Es riecht nach Gummi auf dem Plesseparkplatz in Günter Lange hat gerade mit seinem Opel auf einem abgetrennten Teilstück eine Vollbremsung gemacht: von 50 km/h auf 0.

Der ADAC-Verkehrserzieher will Schülern der Klasse 5.1. der Bödiker-Oberschule den Bremsweg eines Autos demonstrieren. Die Reifen qualmen etwas, die Kinder staunen. Das Ganze ist Bestandteil des bundesweiten Programms „Achtung Auto“, das der schulischen Verkehrserziehung dient.

„Quietschende Reifen beeindrucken die Kinder. So etwas kann keine Theorie erreichen“, weiß Lange aus Erfahrung. Vor dem spannenden Versuch nennt der pensionierte Polizist wichtige Fakten zum Thema „Straßenverkehr“, so zum Beispiel, dass Kinder die am meisten gefährdeten Verkehrsteilnehmer sind, weil sie weder Geschwindigkeiten noch Entfernungen richtig einschätzen können. Außerdem sei es erwiesen, dass das Gesichtsfeld und damit der Blickwinkel noch nicht voll entwickelt sind, sagt der ADAC-Experte.

Vor dem Versuch dürfen die Bödiker-Schüler noch ihren eigenen Bremsweg testen. Aus vollem Lauf müssen sie möglichst kurz nach einer aufgemalten Ziellinie anhalten. Manche schaffen es nach 50 Zentimetern, andere erst nach drei Metern.
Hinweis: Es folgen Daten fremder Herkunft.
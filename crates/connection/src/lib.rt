// One connection by value: a sender and a receiver that share nothing. An event touches one side, and the other comes back as it was.
#![tactic(auto)]

ghost use Rattle.std.specs.Prelude.{◌≡◌, not};
ghost use Rattle.rules.specs.Connection.{close as close_of, start as start_of, step as step_of, unused};
ghost use Rattle.connection.specs.Record.{empty as empty_of, meaning, Sound, Steps};

use receiver::Receiver;
use rules::{Answer, Refusal, Start, Stepped, Use};
use sender::Sender;

#[derive(Clone, Copy)]
pub struct Connection {
    pub sender: Sender,
    pub receiver: Receiver,
}

impl Connection {
    // The record of no connection: all zero.
    pub fn empty() -> Connection
        ensures { result ≡ empty_of }
    {
        Connection {
            sender: Sender::empty(),
            receiver: Receiver::empty(),
        }
    }

    // Whether it was started, and not closed since.
    pub fn in_use(&self) -> bool
        ensures { result ≡ not (unused (meaning self.now)) }
    {
        self.sender.head.room != 0
    }

    // A start. Refused, it hands back the empty record.
    pub fn start(opening: Start) -> Stepped<Connection>
        ensures { Steps empty_of (start_of opening) result.answer result.next }
    {
        let mut next = Connection::empty();
        let answer = next.open(opening);
        Stepped { answer, next }
    }

    // A start, at the record of no connection. In place: where it opens a record inside a `Result`, which is copied out of it, a start takes four
    // times as long.
    fn open(&mut self, opening: Start) -> Result<Answer, Refusal>
        requires { self.old ≡ empty_of }
        ensures { Steps self.old (start_of opening) result self.new }
    {
        let Start {
            sending,
            receiving,
            options: _,
        } = opening;
        Refusal::BadRoom.unless(allowed::room_ok(sending.room as u32))?;
        Refusal::BadRoom.unless(allowed::room_ok(receiving.room as u32))?;
        Refusal::BadPsn.unless(allowed::psn_ok(sending.first))?;
        Refusal::BadPsn.unless(allowed::psn_ok(receiving.first))?;
        self.sender = Sender::start(sending).next;
        self.receiver = Receiver::start(receiving).next;
        Ok(Answer::Started)
    }

    // A close.
    pub fn close(self) -> Stepped<Connection>
        requires { Sound self }
        ensures { Steps self (close_of (meaning self)) result.answer result.next }
    {
        if !self.in_use() {
            return Stepped {
                answer: Err(Refusal::NotInUse),
                next: self,
            };
        }
        Stepped {
            answer: Ok(Answer::Closed),
            next: Connection::empty(),
        }
    }

    // A close, or an event of one side: the other comes back as it was.
    pub fn step(self, event: Use) -> Stepped<Connection>
        requires { Sound self }
        ensures { Steps self (step_of (meaning self) event) result.answer result.next }
    {
        match event {
            Use::Close => self.close(),
            Use::Sends(e) => {
                let Stepped { answer, next } = self.sender.step(e);
                Stepped {
                    answer,
                    next: Connection {
                        sender: next,
                        receiver: self.receiver,
                    },
                }
            }
            Use::Receives(e) => {
                let Stepped { answer, next } = self.receiver.step(e);
                Stepped {
                    answer,
                    next: Connection {
                        sender: self.sender,
                        receiver: next,
                    },
                }
            }
        }
    }
}
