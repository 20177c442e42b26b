// The receiving side over lent words. They hold the packet numbers from E's own block of 64 on: bit b of word j is number 64 j + b of that block and
// those after it. All before E are accepted, so their bits are set; no bit past the window is.
#![tactic(auto)]

ghost use Rattle.std.specs.Prelude.{◌≡◌};
ghost use Rattle.rules.specs.Receiver.{nack_of, reason_of, sack_of, verdict};
ghost use Rattle.rules.specs.declared.Verdict.TheVariants.{Fresh};
ghost use Rattle.receiving.specs.Lent.{lent, meaning, Started, Sound, Accepts, Acks, Arrives};

use psn::{HALF, Psn, TURN};
use rules::{
    Answer, Arrival, Block, ECN, NO_BUFFER, Nack, RTX, Refusal, Sack, Stepped, TRIMMED,
    TRIMMED_LAST_HOP, Verdict,
};

// A receiver but for its words.
#[derive(Clone, Copy)]
pub struct Head {
    pub room: u32,
    pub expected: Psn,
    pub count: u32,
}

// A NACK's reason, as a sender takes it: 0 where a SACK is sent.
#[tactic(auto, unfolding(rules::specs::Receiver::reason_of))]
fn reason(v: Verdict) -> u8
    ensures { result ≡ reason_of v }
{
    match v {
        Verdict::Fresh | Verdict::Known => 0,
        Verdict::Beyond => 3,
        Verdict::NoBuffer => 4,
        Verdict::Trim => 1,
        Verdict::TrimLastHop => 2,
    }
}

#[tactic(auto, unfolding(rules::specs::Receiver::nack_of))]
fn nack(v: Verdict, a: Arrival) -> Nack
    ensures { result ≡ nack_of v a }
{
    Nack {
        psn: a.psn,
        reason: reason(v),
        entropy: a.entropy,
        rtx: allowed::flag(a.flags, RTX),
    }
}

impl Head {
    // How an arrival is judged.
    #[tactic(auto, using(crate::proofs::Entries::judging))]
    fn judge(&self, words: &[u64], a: Arrival) -> Verdict
        requires { Started (lent self.now words.now) }
        ensures { result ≡ verdict (meaning (lent self.now words.now)) a }
    {
        let flags = a.flags;
        if allowed::flag(flags, TRIMMED) {
            return Verdict::Trim;
        }
        if allowed::flag(flags, TRIMMED_LAST_HOP) {
            return Verdict::TrimLastHop;
        }
        let d = self.expected.distance(a.psn);
        if HALF <= d {
            return Verdict::Known;
        }
        if self.room <= d {
            return Verdict::Beyond;
        }
        if row::test(words, self.expected.0 % 64 + d) {
            return Verdict::Known;
        }
        if allowed::flag(flags, NO_BUFFER) {
            return Verdict::NoBuffer;
        }
        Verdict::Fresh
    }

    // A fresh packet is accepted, and E moves to the first that is not. By value, as `acked` is: in place an arrival takes a tenth longer.
    fn accept(self, words: &mut [u64], a: Arrival) -> Head
        requires { Started (lent self words.old) × (verdict (meaning (lent self words.old)) a ≡ Fresh) }
        ensures { Accepts (lent self words.old) a (lent result words.new) }
    {
        let room = self.room;
        let expected = self.expected;
        let s = expected.0 % 64;
        let d = expected.distance(a.psn);
        row::set(words, s + d);
        let t = row::run_from(words, s, d == 0, s + room);
        row::shed(words, (t / 64) as usize);
        Head {
            room,
            expected: expected.after(t - s),
            count: self.count,
        }
    }

    // The reply to a packet that is fresh or known, from the record after it.
    fn sack(&self, words: &[u64], a: Arrival) -> Sack
        requires { Started (lent self.now words.now) }
        ensures { result ≡ sack_of (meaning (lent self.now words.now)) a }
    {
        let expected = self.expected;
        let d = expected.distance(a.psn);
        let o = if d < self.room { 64 * (d / 64) } else { 0 };
        Sack {
            cack: expected.after(TURN - 1),
            block: Block {
                base: expected.after(o),
                bitmap: row::block(words, expected.0 % 64 + o),
            },
            count: self.count / 256,
            mpr: 0,
            entropy: a.entropy,
            rtx: allowed::flag(a.flags, RTX),
            mark: allowed::flag(a.flags, ECN),
        }
    }

    // A packet that was just accepted, or is known: its size is counted, and a SACK answers it.
    fn acked(self, words: &[u64], v: Verdict, a: Arrival) -> Stepped<Head>
        requires { Started (lent self words.now) }
        ensures { Acks (lent self words.now) v a result.answer result.next }
    {
        let next = Head {
            room: self.room,
            expected: self.expected,
            count: self.count.wrapping_add(a.size as u32),
        };
        Stepped {
            answer: Ok(Answer::Acked(v, next.sack(words, a))),
            next,
        }
    }

    // An arrival, over lent words.
    pub fn arrive(&mut self, words: &mut [u64], a: Arrival) -> Result<Answer, Refusal>
        requires { Sound (lent self.old words.old) }
        ensures { Arrives (lent self.old words.old) a result self.new words.new }
    {
        let head = *self;
        Refusal::NotInUse.unless(head.room != 0)?;
        Refusal::BadPsn.unless(allowed::psn_ok(a.psn))?;
        Refusal::BadSize.unless(allowed::size_ok(a.size))?;
        Refusal::BadFlags.unless(allowed::flags_ok(a.flags))?;
        let v = head.judge(words, a);
        match v {
            Verdict::Fresh => {
                let out = head.accept(words, a).acked(words, v, a);
                *self = out.next;
                out.answer
            }
            Verdict::Known => {
                let out = head.acked(words, v, a);
                *self = out.next;
                out.answer
            }
            _ => Ok(Answer::Nacked(v, nack(v, a))),
        }
    }
}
Lange erklärt den Kindern, dass die Länge des Anhalteweges vom Gewicht und vom Lauftempo abhängt.

Dann kommt der Bremsversuch. Der Verkehrserzieher nimmt jedes Mal drei Schüler im Wagen mit und wiederholt die Aktion, bis alle 22 mal an der Reihe waren. Währenddessen verrät Klassenlehrer Tobias Hilbrath: „Die Verkehrserziehung passt uns sehr gut heute. Wir machen noch eine Fahrradtour. Da können die Schüler alles Gelernte anwenden.“

Am Ende der zwei Schulstunden auf dem Plesseparkplatz gibt der Verkehrserzieher den Schülern die warnenden Worte mit auf den Weg: „Seid nie leichtsinnig. Wenn ihr ein Auto seht, und ihr meint, ihr schafft es noch über die Straße, wartet lieber noch eine Minute. Das Auto ist immer stärker als der Mensch.“ Am ADAC-Programm zur schulischen Verkehrserziehung nehmen jährlich 165000 Schüler teil.